Both apply `-itsoffset deltas[k]` per input.

## Brainstorm before running

Three real knobs to confirm with the user:

- **Pacing** — `--mode rotation` (varied dwell, easier on the ear) vs `--mode greedy` (energy-following, snappier).
- **PiP** — yes / no. If yes, which corner + width?
- **Min cut length** — `--min-dwell` floor. 8 s default for rotation is conservative; talking-heads can go to 4.

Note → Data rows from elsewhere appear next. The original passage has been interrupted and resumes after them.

//! Root files and their canonical texts: a text is parsed as the root file of a justfile, and its
//! tree is printed with the file's own indentation.
#![tactic(auto)]

pub mod fault;
pub mod formatting;
pub mod laws;
pub mod parts;
pub mod reading;
pub mod root;

pub use justfile_parse::{Parser, RECURSION_LIMIT, parse_part};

`audio_source` is auto-picked; override with `--audio-source <cam-index>` if the auto-pick sounds wrong on a 30 s listen.

## File layout

```
working_dir/
  cam_a.MOV                 # ORIGINAL, untouched
  cam_a.MOV.sync.json       # from wjs-syncing-multicam
  cam_b.MOV                 # ORIGINAL, untouched
  cam_b.MOV.sync.json
  edl.json                  # from `polysync edit`
  multicam_render.mp4       # from `polysync render-cuts` OR `polysync render-pip`
```

## Common pitfalls

- **Trusting `audio_source` without listening.** Spread + coverage is a proxy. Always sample a 30 s clip before committing — a high-spread track can still be clipped / distorted.
- **Running `polysync edit` on the full 75 min before tuning.** Run on a 2-min slice first (`ffmpeg -ss A -t 120` an extract per cam), listen, adjust `--min-dwell` / `--mode`, then commit to full length.
- **Expecting face-driven framing.** This skill doesn't see the video — only the audio. If one cam is well-framed but quiet, the editor won't favor it. Use `--audio-source` + per-segment `pip` overrides as the manual escape hatch.
- **Re-rendering when sync was wrong.** EDL bakes in `deltas[]` at edit time. If you fix the sidecars later, re-run `polysync edit` to regenerate the EDL before re-rendering.
- **Rendering a mid-video window straight from the long 4K originals = brutally slow.** `polysync render-cuts` trims in the filter graph (`trim=start=…`) with **no input `-ss` seek**, so for a clip whose EDL starts deep in the source (e.g. a 90 s segment 28 min into a 34 min file) ffmpeg DECODES the 4K from t=0 to reach the window — ~20 min for a 92 s clip. Fix: **pre-cut each cam's window first with accurate fast seek** (`ffmpeg -ss <start-2> -i src -ss 2 -t <dur> …` — fast-seek to 2 s before, then accurate-decode 2 s), already rotated + graded + scaled to the target frame, then concat the multicam EDL on those short prepared windows (0-based times, cheap). All cams cut to the SAME reference window (`source-local start = ref_start - delta_k`) so they stay in sync. This is how `/wjs-segmenting-video` should render multicam segments — never feed a mid-video absolute-time EDL to a from-zero decode.